76.The Government must make sure that business rates incentivise embedded low-carbon generation and do not cause existing embedded generation to be disconnected. The Government should reduce business rates for organisations that consume the majority of the power they generate to match the rates of organisations that sell the majority of their generation—and stop the administrative burden of loopholes that are being used to counter the discrepancy in rates. The Government should also reinstate the microgeneration exemption from business rates for renewable energy installations producing no more than 50kW. In its response to this Report, the Government should set out why combined heat and power units have been classed as excepted plant and machinery under the business rate regulations, but such a provision is not applied to solar panels and energy storage systems.
77.Despite discussion of the closure of the feed-in tariff and the business rate rises, Dr Skorupska, Chief Executive of the Renewable Energy Association, told us that “the biggest challenge to small-scale renewables are the grid reforms”. This refers to Ofgem’s proposals to change how the costs of electricity networks are recovered (see Box 2). This has been prompted by Ofgem’s concern that “the current framework for residual charging may result in inefficient use of the networks”:
As a result of changes in technology and other factors, some network users are increasingly able to adjust the timing and volume of their production and/or consumption of electricity, reducing their exposure to charges. Therefore current residual charges will increasingly fall on those network users who are not able to do this. Those who are less likely to be able to adjust their consumption are likely to include residential and small business consumers in general and more vulnerable consumers in particular.
Ofgem has therefore proposed introducing a fixed charge so that consumers pay only according to their ‘customer segment’ rather than the extent to which they use the network. In addition to protecting vulnerable consumers, Ofgem has argued that this could save consumers £0.5–1.6bn by 2040.
Box 2: Network costs
The costs associated with building, maintaining and operating electricity networks are currently recovered through two main charges levied on electricity consumers (through their bills): ‘forward-looking charges’; and ‘residual charges’.
Forward-looking charges are based on projected use of the network whereas residual charges are applied retrospectively to recover any costs not recovered through forward-looking charges. The overall costs, incorporating both components, are determined through Ofgem’s price controls, which set the total revenue the network companies are allowed to earn.
Ofgem has said that “residual charges are not intended to send signals or provide incentives to use networks in any particular way”, which is instead the role of the forward-looking charges.

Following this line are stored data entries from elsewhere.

//! `Session`: does the commands of a script on one manager and writes their replies. Each line
//! begins with the lead (in mode `compare` the kind's name and a space, else empty). It also shows
//! how many objects and words frees and resizes moved, and the handle of an id.
ghost use Rattle.std.specs.Prelude.{◌≡◌, ◌≤◌, IsTrue, IfOk, length};
ghost use Rattle.std.specs.FinMap as map;
ghost use Rattle.run_model.specs.Terms.{AreTied, fresh_session, IsGoing, IsWellFormed, KeepsRules, owned_command, SinkFailsIf};
ghost use Rattle.cf_model.specs.Steps.{number_of};
ghost use Rattle.cf_session.specs.Apply.{AppliesOneManager, moment_at, run_at};
ghost use Rattle.id_table.specs.Ids.{AreWithin};
ghost use Rattle.std.specs.Result.{is_err};

use crate::dispatch::answer;
use crate::outcome::Outcome;
use crate::records::Records;
use cf_base::{CHUNK, Failed, Handle, OutOfMemory};
use cf_io::{Line, Sink};
use cf_model::Manager;
use script_reader::{Command, CommandRef};
use std::alloc::Global;
use std::marker::Model;
use std::rt::Memory;
use step_ledger::Meter;

/// The most bytes of the reply to a read: a lead of 8, `=`, two digits for each of 4,096 bytes, and
/// a line feed.
const MOST_TEXT: usize = 8_202;

/// The live ids of a script with their handles, the counters that command `steps` prints, the meter that owns
/// the count of steps, and buffers for replies. The manager itself is an argument of each call.
#[derive(Drop)]
pub struct Session {
    meter: Meter,
    records: Records,
    line: Line,
    /// The bytes that a read returns.
    buffer: [u8; CHUNK],
    /// The line of the reply to a read.
    text: [u8; MOST_TEXT],
}

impl Model for Session {
    ghost use Rattle.cf_session.specs.Records.{session_of};
    ghost use Rattle.run_model.specs.Sessions.{SessionState, session_code};

    ghost Value = { SessionState };

    ghost coded = { session_code };

    ghost view = { λ s. session_of s.records };
}

impl Session {
    /// A `Session` in which no id is live. The runtime value `rt` makes its meter. Allocates the table of
    /// all 65,536 ids; fails only if memory runs out.
    pub fn start(rt: &HostRuntime, alloc: Global) -> Result<Session, OutOfMemory>
        ensures { IfOk result (λ s. s ≡ fresh_session) }
    {
        Session::for_library(rt.memory(), alloc)
    }

    /// A `Session` in which no id is live, for code without a runtime value, as in a library for C:
    /// `memory` makes its meter. Allocates as `start` does; fails only if memory runs out.
    pub fn for_library(memory: Memory, alloc: Global) -> Result<Session, OutOfMemory>
        ensures { IfOk result (λ s. s ≡ fresh_session) }
    {
        Ok(Session {
            meter: Meter::for_library(memory),
            records: Records::new(alloc)?,
            line: Line::new(),
            buffer: [0; CHUNK],
            text: [0; MOST_TEXT],
        })
    }

    /// `Session`: resets the meter, does command `c` on the heap and writes its reply to `out`;
    /// each line begins with `lead` and is passed to the sink as a whole. Returns the outcome of
    /// the reply. If the sink fails, the result is `Failed`: the command has taken effect, and a
    /// prefix of its reply was written. The heap must be open, its objects those that the ids name,
    /// and with pages its cost within the session's step bound (`AreTied`); so it is afterwards. The
    /// fields of `c` must be in the ranges of the grammar, and the lead has at most 8 bytes.
    pub fn apply<H: Manager, K: Sink>(
        &mut self,
        heap: &mut H,
        c: &Command,
        lead: &[u8],
        out: &mut K,
    ) -> Result<Outcome, Failed>
        requires open { IsTrue (H.state heap.old).is_open }
        requires tied { AreTied self.old (H.state heap.old) }
        requires formed { IsWellFormed c.now }
        requires lead { length lead.now ≤ 8 }
        ensures step { AppliesOneManager (moment_at self.old (H.state heap.old) (K.state out.old).written)
            (record { command = c.now; lead = lead.now })
            result (moment_at self.new (H.state heap.new) (K.state out.new).written) }
        ensures tied { AreTied self.new (H.state heap.new) }
        ensures open { IsTrue (H.state heap.new).is_open }
        ensures rules { KeepsRules (H.state heap.new) }
        ensures sink { SinkFailsIf (is_err result) (K.state out.old) (K.state out.new) }
    {
        // For its contract: an open heap keeps its rules.
        let _open = heap.is_open();
        self.apply_ref(heap, c.as_ref(), lead, out)
    }

    /// Does the command `c` as `Session::apply` does, but `c` borrows the bytes of a write. The run
    /// must be in progress (`IsGoing`), as it is afterwards, the fields of `c` in the ranges of the
    /// grammar, and the lead has at most 8 bytes.
    pub fn apply_ref<H: Manager, K: Sink>(
        &mut self,
        heap: &mut H,
        c: CommandRef,
        lead: &[u8],
        out: &mut K,
    ) -> Result<Outcome, Failed>
        requires going { IsGoing (run_at self.old (H.state heap.old)) }
        requires formed { IsWellFormed (owned_command c) }
        requires lead { length lead.now ≤ 8 }
        ensures step { AppliesOneManager (moment_at self.old (H.state heap.old) (K.state out.old).written)
            (record { command = owned_command c.entry; lead = lead.now })
            result (moment_at self.new (H.state heap.new) (K.state out.new).written) }
        ensures going { IsGoing (run_at self.new (H.state heap.new)) }
        ensures sink { SinkFailsIf (is_err result) (K.state out.old) (K.state out.new) }
    {
        self.meter.lap();
        answer(
            &mut self.records,
            heap,
            c,
            lead,
            &mut self.buffer,
            &mut self.text,
            &mut self.line,
            out,
            self.meter.steps(),
        )
    }

    /// In a session, how many frees and resizes moved another object into the slot that became
    /// free; saturates at `2^64 - 1`.
    pub fn moves(&self) -> u64
        ensures { result ≡ self.now.moves }
    {
        self.records.counters.moves
    }

    /// In a session, the words of all slots into which a free or a resize moved another object;
    /// saturates at `2^64 - 1`.
    pub fn words(&self) -> u64
        ensures { result ≡ self.now.words }
    {
        self.records.counters.words
    }

    /// The handle of the object that an id of the session names; none if the id isn't live.
    pub fn handle(&self, id: u16) -> Option<Handle>
        ensures found { number_of result ≡ map.get self.now.ids id }
        ensures within { AreWithin self.now.ids }
    {
        self.records.ids.handle(id)
    }
}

78.The Solar Trade Association has warned, however, that “a flat, fixed rate will dampen the price signal sent to consumers to encourage the uptake of technologies, products and behaviours that encourage flexibility”. Following the publication of Ofgem’s proposals, six relevant trade associations, including the Renewable Energy Association and the Association for Decentralised Energy, issued a joint statement arguing that the proposals ran “contradictory to Government’s ambition to decarbonise the energy system and create a market for flexibility”. Ofgem itself has estimated that the average domestic consumer using solar power with energy storage could see network charges increase from £25 per year to £64 per year, while small- to medium-sized enterprises using on-site generation and storage could see charges increase from £204 per year to £1,099 per year.

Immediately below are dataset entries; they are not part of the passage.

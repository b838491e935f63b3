//! `Namer` for a session: its calls make, write and free objects by the commands `m`, `w` and `f`,
//! and drop the replies.
ghost use Rattle.std.specs.Prelude.{◌≡◌, ◌≢◌};
ghost use Rattle.std.specs.Bool.{OnFalse, OnTrue};

use crate::outcome::Outcome;
use crate::session::Session;
use cf_base::Handle;
use cf_io::NullSink;
use cf_model::Manager;
use id_table::Namer;
use script_reader::CommandRef;

impl Namer for Session {
    ghost state = { λ s. s };

    fn handle(&self, id: u16) -> Option<Handle> {
        self.handle(id)
    }

    fn malloc<H: Manager>(&mut self, heap: &mut H, id: u16, bytes: u32) -> bool {
        match self.apply_ref(heap, CommandRef::Malloc { id, bytes }, b"", &mut NullSink) {
            Ok(outcome) => is_good(outcome),
            Err(_) => unreachable!(),
        }
    }

    fn write<H: Manager>(&mut self, heap: &mut H, id: u16, at: u32, bytes: &[u8]) {
        match self.apply_ref(
            heap,
            CommandRef::Write { id, at, bytes },
            b"",
            &mut NullSink,
        ) {
            Ok(_) => {}
            Err(_) => unreachable!(),
        }
    }

    fn free<H: Manager>(&mut self, heap: &mut H, id: u16) {
        match self.apply_ref(heap, CommandRef::Free { id }, b"", &mut NullSink) {
            Ok(_) => {}
            Err(_) => unreachable!(),
        }
    }
}

/// Whether the outcome of a command is `Good`: its reply is `ok` or begins with `=`.
fn is_good(outcome: Outcome) -> bool
    ensures good { OnTrue result (outcome ≡ Outcome.Good) }
    ensures other { OnFalse result (outcome ≢ Outcome.Good) }
{
    match outcome {
        Outcome::Good => true,
        Outcome::Refused | Outcome::Other => false,
    }
}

79.Ofgem must consider the interests of future consumers as well as current consumers in its decisions, including the need for decarbonisation. The projected increases in network costs for consumers and businesses that have installed on-site generation and flexibility technologies, arising from Ofgem’s proposed network charging reforms, will act as a disincentive for further consumers or enterprises to install similar technologies. This is not conducive to the overall goal of decarbonisation. However, Ofgem is right to seek to avoid the costs of network usage falling increasingly on vulnerable consumers. Ofgem must revise its proposed network charging reforms to ensure that they do not disincentivise the deployment of technologies that will contribute to the decarbonisation of the UK’s energy system. The Government must ensure that vulnerable consumers do not pay an increasing proportion of network costs, and that all households have the ability to deploy technologies that will reduce their cost of energy and help to decarbonise the economy.
80.The Intergovernmental Panel on Climate Change has estimated that the full lifecycle emissions associated with nuclear power are significantly lower than coal or gas power, less than solar power and comparable to wind power. In 2017, nuclear power accounted for 21% of the UK’s electricity generation.

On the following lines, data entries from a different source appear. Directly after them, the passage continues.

//! The commands that change nothing but the count of steps: `r`, `q`, `b`, `p` and `steps`. Each
//! but `r` builds its reply in `line`, after the lead (in mode `compare` the kind's name and a
//! space, else empty), or returns a short reply (`Short`); the caller writes it to the sink. `r`
//! writes its reply itself. The heap must be open, and the lead has at most 8 bytes.
ghost use Rattle.std.specs.Prelude.{◌≡◌, ◌^◌, ◌<◌, ◌≤◌, ◌++◌, IsTrue, codes, length, slice_get, take};
ghost use Rattle.std.specs.FinMap as map;
ghost use Rattle.cf_base.specs.declared.numbers.TheConstants.{CHUNK};
ghost use Rattle.hex.specs.Hex.{encode_lower};
ghost use Rattle.cf_session.specs.OneLine.{IsPut, SaidOn, lines_at};
ghost use Rattle.cf_session.specs.Records.{run_with, session_of};
ghost use Rattle.run_model.specs.Replies.{block_text_at, object_of, peek_text, place_text, read_text, steps_text};
ghost use Rattle.run_model.specs.Terms.{AreTied, led, said};

use crate::outcome::Outcome;
use crate::records::Records;
use crate::reply::{ended, put_short_line};
use crate::short::{OneLine, Short, fault_reply};
use cf_base::{Failed, Kind};
use cf_io::{Line, Sink, begin_line, push_field, put_all};
use cf_model::Manager;
use step_ledger::Steps;

/// `r`: writes to the sink `=` and `len` bytes of an id's object from byte `at` on, in hexadecimal;
/// `unknown` if the id isn't live, `range` if `at` plus `len` exceeds the object's length. If the
/// sink fails, the result is `Failed`, and a prefix of the reply was written. `buffer`, `text` and
/// `line` are scratch: `buffer` has 4,096 bytes, for the bytes read, and `text` 8,202 bytes, for the
/// reply with these bytes. `len` must be at most 4,096, and the count of `steps` at most 2^63.
pub(crate) fn read<H: Manager, K: Sink>(
    records: &Records,
    heap: &H,
    id: u16,
    at: u32,
    len: u16,
    buffer: &mut [u8],
    text: &mut [u8],
    lead: &[u8],
    line: &mut Line,
    out: &mut K,
    steps: &mut Steps,
) -> Result<Outcome, Failed>
    requires open { IsTrue (H.state heap.now).is_open }
    requires room { steps.old ≤ 2 ^ 63 }
    requires few { len ≤ CHUNK }
    requires buffer { length buffer.old ≡ CHUNK }
    requires text { length text.old ≡ 8202 }
    requires lead { length lead.now ≤ 8 }
    ensures { IsPut (read_text (object_of (run_with records.now (H.state heap.now)) id) at len) lead.now
        (K.state out.old) result (K.state out.new) }
{
    let Some(h) = records.ids.handle(id) else {
        return put_short_line(Short::Unknown, lead, line, out);
    };
    let part = &mut buffer[..len as usize];
    match heap.read(h, at, part, steps) {
        Ok(()) => {
            let n = spell_bytes(text, lead, part);
            ended(put_all(out, &text[..n]), Outcome::Good)
        }
        Err(fault) => put_short_line(fault_reply(fault), lead, line, out),
    }
}

/// For `r`, fills the start of `text` with the lead, `=`, the bytes in hexadecimal and a line feed, and returns how
/// many bytes of `text` these take. `text` has 8,202 bytes, enough for a lead of 8 bytes and 4,096 bytes, the most.
fn spell_bytes(text: &mut [u8], lead: &[u8], bytes: &[u8]) -> usize
    requires text { length text.old ≡ 8202 }
    requires few { length bytes.now ≤ CHUNK }
    requires lead { length lead.now ≤ 8 }
    ensures within { result ≤ length text.new }
    ensures text { take result text.new ≡ led lead.now (said (codes "=" ++ encode_lower bytes.now)) }
{
    let count = 2 * bytes.len();
    let (head, rest) = text.split_at_mut(lead.len());
    head.copy_from_slice(lead);
    let (mark, rest) = rest.split_at_mut(1);
    mark[0] = b'=';
    let (digits, rest) = rest.split_at_mut(count);
    hex::encode_to_slice(bytes, digits).unwrap();
    rest[0] = b'\n';
    lead.len() + count + 2
}

/// `q`: builds the reply `at` and the address of an id's object, in words from the start of the
/// region (on the non-moving kind, of the virtual blocks); `unknown` if the id isn't live.
pub(crate) fn place<H: Manager>(
    records: &Records,
    heap: &H,
    id: u16,
    lead: &[u8],
    line: &mut Line,
    steps: &mut Steps,
) -> OneLine
    requires open { IsTrue (H.state heap.now).is_open }
    requires lead { length lead.now ≤ 8 }
    ensures { SaidOn (lines_at lead.now line.new)
        (place_text (object_of (run_with records.now (H.state heap.now)) id)) result }
{
    let Some(h) = records.ids.handle(id) else {
        return OneLine::Short(Short::Unknown);
    };
    match heap.place(h, steps) {
        Some(word) => {
            begin_line(line, lead);
            push_field(line, b"at ", word as u64);
            OneLine::Written(Outcome::Other)
        }
        None => OneLine::Short(Short::Unknown),
    }
}

/// `b`: builds the reply `block` and the number of the physical block that holds block `i`, from 0,
/// of the slot of an id's object; a block has four words. `unknown` if the id isn't live; else
/// `none` on any kind but the non-moving one; else `range` if the slot has no block `i`. The live
/// ids must be those of the heap's objects (`AreTied`).
pub(crate) fn block<H: Manager>(
    records: &Records,
    heap: &H,
    id: u16,
    i: u32,
    lead: &[u8],
    line: &mut Line,
    steps: &mut Steps,
) -> OneLine
    requires open { IsTrue (H.state heap.now).is_open }
    requires tied { AreTied (session_of records.now) (H.state heap.now) }
    requires lead { length lead.now ≤ 8 }
    ensures { SaidOn (lines_at lead.now line.new)
        (block_text_at (H.state heap.now) (object_of (run_with records.now (H.state heap.now)) id) i) result }
{
    let Some(h) = records.ids.handle(id) else {
        return OneLine::Short(Short::Unknown);
    };
    match heap.kind() {
        Kind::NonMoving => match heap.block(h, i, steps) {
            Some(frame) => {
                begin_line(line, lead);
                push_field(line, b"block ", frame as u64);
                OneLine::Written(Outcome::Other)
            }
            None => OneLine::Short(Short::Range),
        },
        Kind::Moving | Kind::Tlsf | Kind::HalfFit => OneLine::Short(Short::Lacking),
    }
}

/// `p`: builds the reply with the value of word `word` of the region (on the non-moving kind, of
/// the virtual blocks), in hexadecimal; `range` if there is no such word.
pub(crate) fn peek<H: Manager>(
    heap: &H,
    word: u32,
    lead: &[u8],
    line: &mut Line,
    steps: &mut Steps,
) -> OneLine
    requires open { IsTrue (H.state heap.now).is_open }
    requires lead { length lead.now ≤ 8 }
    ensures { SaidOn (lines_at lead.now line.new) (peek_text (slice_get (H.state heap.now).words word)) result }
{
    match heap.peek(word, steps) {
        Some(v) => {
            begin_line(line, lead);
            line.push_word(v).unwrap();
            OneLine::Written(Outcome::Other)
        }
        None => OneLine::Short(Short::Range),
    }
}

/// `steps`: builds the reply with the steps of the last malloc, free or, with pages, resize; with
/// pages also the bound on them, how many objects frees and resizes have moved into the slots that
/// they freed, and the words of these slots.
pub(crate) fn build_steps_line<H: Manager>(
    records: &Records,
    heap: &H,
    lead: &[u8],
    line: &mut Line,
) -> OneLine
    requires open { IsTrue (H.state heap.now).is_open }
    requires lead { length lead.now ≤ 8 }
    ensures { SaidOn (lines_at lead.now line.new)
        (steps_text (H.state heap.now).kind (session_of records.now) (H.state heap.now).cost) result }
{
    begin_line(line, lead);
    push_field(line, b"steps last ", heap.cost());
    match heap.kind() {
        Kind::Moving | Kind::NonMoving => {
            push_field(line, b" bound ", records.counters.bound);
            push_field(line, b" moves ", records.counters.moves);
            push_field(line, b" words ", records.counters.words);
        }
        Kind::Tlsf | Kind::HalfFit => {}
    }
    OneLine::Written(Outcome::Other)
}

81.The UK currently has eight nuclear power plants, of which seven are planned to close by 2030. These seven have a generation capacity of 7.7GW, or 87% of existing nuclear capacity. One new plant, at Hinkley Point in Somerset, is currently under construction, which should provide 3.2GW of capacity by 2025. There are proposals for new plants at Sizewell, in Suffolk, and at Bradwell, in Essex, which would be expected to provide a further 3.2GW and 2.3GW of generation capacity respectively. However, plans for new reactors at Moorside, in Cumbria, Wylfa, in Anglesey, and Oldbury, in Gloucestershire, have reportedly been recently suspended. The Minister for Energy and Clean Growth, Claire Perry MP, explained that:
You have to spend taxpayers’ money wisely. Given the precipitous decline [in costs], particularly in other renewable technologies, it became apparent that some of the financial proposals put forward for Wylfa in particular were just not good value for money, but those negotiations and conversations continue.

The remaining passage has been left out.